*** Begin section ***

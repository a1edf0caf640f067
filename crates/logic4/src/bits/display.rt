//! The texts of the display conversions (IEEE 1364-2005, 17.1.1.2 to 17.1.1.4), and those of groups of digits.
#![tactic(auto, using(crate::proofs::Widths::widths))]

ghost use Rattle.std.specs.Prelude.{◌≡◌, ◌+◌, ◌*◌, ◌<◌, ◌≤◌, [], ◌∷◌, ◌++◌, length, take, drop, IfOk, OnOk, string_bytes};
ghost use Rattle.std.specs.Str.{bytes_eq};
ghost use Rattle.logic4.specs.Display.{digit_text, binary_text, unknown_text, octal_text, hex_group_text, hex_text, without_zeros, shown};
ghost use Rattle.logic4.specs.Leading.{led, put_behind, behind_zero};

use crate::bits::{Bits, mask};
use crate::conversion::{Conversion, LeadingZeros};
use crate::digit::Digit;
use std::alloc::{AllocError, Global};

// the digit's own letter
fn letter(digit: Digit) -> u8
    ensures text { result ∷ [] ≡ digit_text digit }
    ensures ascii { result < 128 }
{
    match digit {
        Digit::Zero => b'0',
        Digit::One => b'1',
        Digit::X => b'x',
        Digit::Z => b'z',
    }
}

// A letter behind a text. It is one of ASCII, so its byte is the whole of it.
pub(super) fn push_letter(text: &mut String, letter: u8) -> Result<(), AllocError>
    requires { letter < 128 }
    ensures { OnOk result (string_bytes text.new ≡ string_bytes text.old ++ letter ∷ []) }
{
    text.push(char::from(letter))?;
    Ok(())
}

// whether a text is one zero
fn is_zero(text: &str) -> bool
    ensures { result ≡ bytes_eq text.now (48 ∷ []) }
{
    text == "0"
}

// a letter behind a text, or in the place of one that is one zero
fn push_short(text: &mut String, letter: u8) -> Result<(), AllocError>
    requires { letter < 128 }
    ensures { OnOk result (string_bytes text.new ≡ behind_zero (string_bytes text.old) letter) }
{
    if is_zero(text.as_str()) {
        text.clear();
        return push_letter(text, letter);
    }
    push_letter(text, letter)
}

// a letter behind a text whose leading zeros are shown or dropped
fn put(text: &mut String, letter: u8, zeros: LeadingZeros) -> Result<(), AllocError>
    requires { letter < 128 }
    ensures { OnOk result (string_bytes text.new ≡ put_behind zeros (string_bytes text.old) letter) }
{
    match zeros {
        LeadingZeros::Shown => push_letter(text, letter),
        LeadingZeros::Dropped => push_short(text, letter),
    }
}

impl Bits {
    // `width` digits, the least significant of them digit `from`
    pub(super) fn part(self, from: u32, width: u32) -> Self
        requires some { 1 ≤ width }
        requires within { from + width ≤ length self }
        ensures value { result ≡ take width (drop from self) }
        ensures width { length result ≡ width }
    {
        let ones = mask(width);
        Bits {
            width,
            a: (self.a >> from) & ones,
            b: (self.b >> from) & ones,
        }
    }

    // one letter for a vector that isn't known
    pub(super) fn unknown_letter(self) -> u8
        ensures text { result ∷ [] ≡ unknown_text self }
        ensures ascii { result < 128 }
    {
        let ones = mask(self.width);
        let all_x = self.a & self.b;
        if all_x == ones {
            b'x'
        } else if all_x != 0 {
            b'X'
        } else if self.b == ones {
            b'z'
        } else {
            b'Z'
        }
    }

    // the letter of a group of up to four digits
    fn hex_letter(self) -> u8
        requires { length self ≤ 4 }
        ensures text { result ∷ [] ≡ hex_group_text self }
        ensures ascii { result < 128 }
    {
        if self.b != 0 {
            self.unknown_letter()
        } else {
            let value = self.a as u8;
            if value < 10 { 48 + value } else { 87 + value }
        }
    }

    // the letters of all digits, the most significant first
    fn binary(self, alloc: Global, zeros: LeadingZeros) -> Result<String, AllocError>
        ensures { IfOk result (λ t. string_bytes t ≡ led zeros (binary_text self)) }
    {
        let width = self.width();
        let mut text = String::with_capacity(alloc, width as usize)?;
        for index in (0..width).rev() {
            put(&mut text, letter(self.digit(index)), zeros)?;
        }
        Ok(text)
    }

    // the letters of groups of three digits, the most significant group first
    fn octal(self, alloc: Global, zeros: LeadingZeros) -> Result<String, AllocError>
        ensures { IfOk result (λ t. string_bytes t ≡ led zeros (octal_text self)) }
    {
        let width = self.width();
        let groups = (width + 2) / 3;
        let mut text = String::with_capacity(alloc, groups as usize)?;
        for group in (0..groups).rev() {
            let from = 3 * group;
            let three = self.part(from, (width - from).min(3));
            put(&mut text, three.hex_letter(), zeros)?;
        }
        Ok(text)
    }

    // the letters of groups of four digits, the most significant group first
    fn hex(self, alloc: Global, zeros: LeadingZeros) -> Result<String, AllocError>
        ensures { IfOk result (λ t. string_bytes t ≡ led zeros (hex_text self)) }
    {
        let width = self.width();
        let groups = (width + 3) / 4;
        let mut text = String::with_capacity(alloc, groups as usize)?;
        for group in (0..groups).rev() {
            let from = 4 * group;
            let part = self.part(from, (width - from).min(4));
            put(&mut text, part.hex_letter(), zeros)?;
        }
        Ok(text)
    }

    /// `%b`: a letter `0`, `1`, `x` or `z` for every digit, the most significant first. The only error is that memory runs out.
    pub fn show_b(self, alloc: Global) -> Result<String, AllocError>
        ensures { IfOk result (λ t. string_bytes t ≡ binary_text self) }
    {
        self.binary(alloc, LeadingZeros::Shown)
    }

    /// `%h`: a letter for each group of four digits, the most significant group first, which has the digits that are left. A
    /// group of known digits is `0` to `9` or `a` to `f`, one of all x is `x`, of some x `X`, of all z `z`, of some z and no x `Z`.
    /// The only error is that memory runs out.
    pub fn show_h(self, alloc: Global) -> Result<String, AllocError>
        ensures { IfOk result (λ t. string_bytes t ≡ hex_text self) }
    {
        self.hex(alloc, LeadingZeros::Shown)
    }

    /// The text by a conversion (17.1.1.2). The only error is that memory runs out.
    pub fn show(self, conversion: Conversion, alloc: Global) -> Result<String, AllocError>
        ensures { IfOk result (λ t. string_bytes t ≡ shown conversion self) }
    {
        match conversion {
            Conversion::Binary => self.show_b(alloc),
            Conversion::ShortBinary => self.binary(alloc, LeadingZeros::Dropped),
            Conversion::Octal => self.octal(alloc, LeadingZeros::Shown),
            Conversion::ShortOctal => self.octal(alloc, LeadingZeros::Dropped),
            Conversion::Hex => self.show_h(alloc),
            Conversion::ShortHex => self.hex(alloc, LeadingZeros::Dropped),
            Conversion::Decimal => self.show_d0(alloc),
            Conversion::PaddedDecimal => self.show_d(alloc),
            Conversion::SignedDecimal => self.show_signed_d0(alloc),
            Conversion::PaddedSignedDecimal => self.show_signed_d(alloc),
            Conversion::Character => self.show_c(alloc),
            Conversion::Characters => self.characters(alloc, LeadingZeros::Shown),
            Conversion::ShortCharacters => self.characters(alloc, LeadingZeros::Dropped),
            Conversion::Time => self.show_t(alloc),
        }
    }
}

*** End section ***
*** Begin section ***

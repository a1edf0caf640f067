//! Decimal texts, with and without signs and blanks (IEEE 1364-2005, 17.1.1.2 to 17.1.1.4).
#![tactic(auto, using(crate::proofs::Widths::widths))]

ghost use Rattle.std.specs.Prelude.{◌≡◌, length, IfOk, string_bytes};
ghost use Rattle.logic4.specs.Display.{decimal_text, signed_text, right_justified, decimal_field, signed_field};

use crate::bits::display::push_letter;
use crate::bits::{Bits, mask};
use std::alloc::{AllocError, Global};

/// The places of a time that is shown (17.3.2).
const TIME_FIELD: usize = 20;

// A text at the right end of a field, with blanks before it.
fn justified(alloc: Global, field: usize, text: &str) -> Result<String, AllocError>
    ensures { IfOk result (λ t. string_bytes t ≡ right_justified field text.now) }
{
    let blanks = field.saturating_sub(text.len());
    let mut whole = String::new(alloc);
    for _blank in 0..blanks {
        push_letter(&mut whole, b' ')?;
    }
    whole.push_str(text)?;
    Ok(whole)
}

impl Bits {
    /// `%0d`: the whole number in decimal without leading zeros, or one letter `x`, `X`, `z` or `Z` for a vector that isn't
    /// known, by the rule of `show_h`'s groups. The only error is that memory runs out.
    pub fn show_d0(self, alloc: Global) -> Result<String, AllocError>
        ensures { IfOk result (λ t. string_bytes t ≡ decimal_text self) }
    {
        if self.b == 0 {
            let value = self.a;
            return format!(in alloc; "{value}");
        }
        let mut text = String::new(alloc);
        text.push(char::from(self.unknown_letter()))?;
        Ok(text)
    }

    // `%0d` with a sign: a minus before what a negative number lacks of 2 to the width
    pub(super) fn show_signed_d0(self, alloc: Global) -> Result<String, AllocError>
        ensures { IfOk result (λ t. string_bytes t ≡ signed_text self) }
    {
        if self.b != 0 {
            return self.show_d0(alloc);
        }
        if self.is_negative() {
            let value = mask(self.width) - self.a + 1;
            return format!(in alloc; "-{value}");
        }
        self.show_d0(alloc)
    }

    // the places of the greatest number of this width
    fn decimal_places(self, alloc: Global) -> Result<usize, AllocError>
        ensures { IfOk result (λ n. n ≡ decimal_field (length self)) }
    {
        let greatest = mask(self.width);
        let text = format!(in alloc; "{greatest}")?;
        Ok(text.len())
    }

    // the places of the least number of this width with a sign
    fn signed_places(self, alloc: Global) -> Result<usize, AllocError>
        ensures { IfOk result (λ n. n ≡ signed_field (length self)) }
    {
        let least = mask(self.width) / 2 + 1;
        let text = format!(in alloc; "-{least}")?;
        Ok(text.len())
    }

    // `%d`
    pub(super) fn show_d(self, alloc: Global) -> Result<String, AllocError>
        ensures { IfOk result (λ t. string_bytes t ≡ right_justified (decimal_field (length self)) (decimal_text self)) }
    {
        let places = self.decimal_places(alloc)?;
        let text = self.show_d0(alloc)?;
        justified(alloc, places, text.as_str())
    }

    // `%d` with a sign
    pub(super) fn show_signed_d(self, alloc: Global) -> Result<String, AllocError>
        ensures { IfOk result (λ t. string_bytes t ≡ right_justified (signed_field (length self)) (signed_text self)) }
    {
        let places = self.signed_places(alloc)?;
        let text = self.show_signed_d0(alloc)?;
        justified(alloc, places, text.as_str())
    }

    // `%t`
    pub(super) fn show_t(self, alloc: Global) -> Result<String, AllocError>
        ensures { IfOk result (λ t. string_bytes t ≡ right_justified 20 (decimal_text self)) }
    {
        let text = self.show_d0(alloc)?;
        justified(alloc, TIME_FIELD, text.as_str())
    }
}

*** End section ***

* _Work to complete_
Search the data for the string "digits". List each line that has it.

* _Answer box_
//! The texts of the display conversions (IEEE 1364-2005, 17.1.1.2 to 17.1.1.4), and those of groups of digits.
    // `width` digits, the least significant of them digit `from`
    // the letter of a group of up to four digits
    // the letters of all digits, the most significant first
    // the letters of groups of three digits, the most significant group first
    // the letters of groups of four digits, the most significant group first
    /// `%h`: a letter for each group of four digits, the most significant group first, which has the digits that are left. A
    /// group of known digits is `0` to `9` or `a` to `f`, one of all x is `x`, of some x `X`, of all z `z`, of some z and no x `Z`.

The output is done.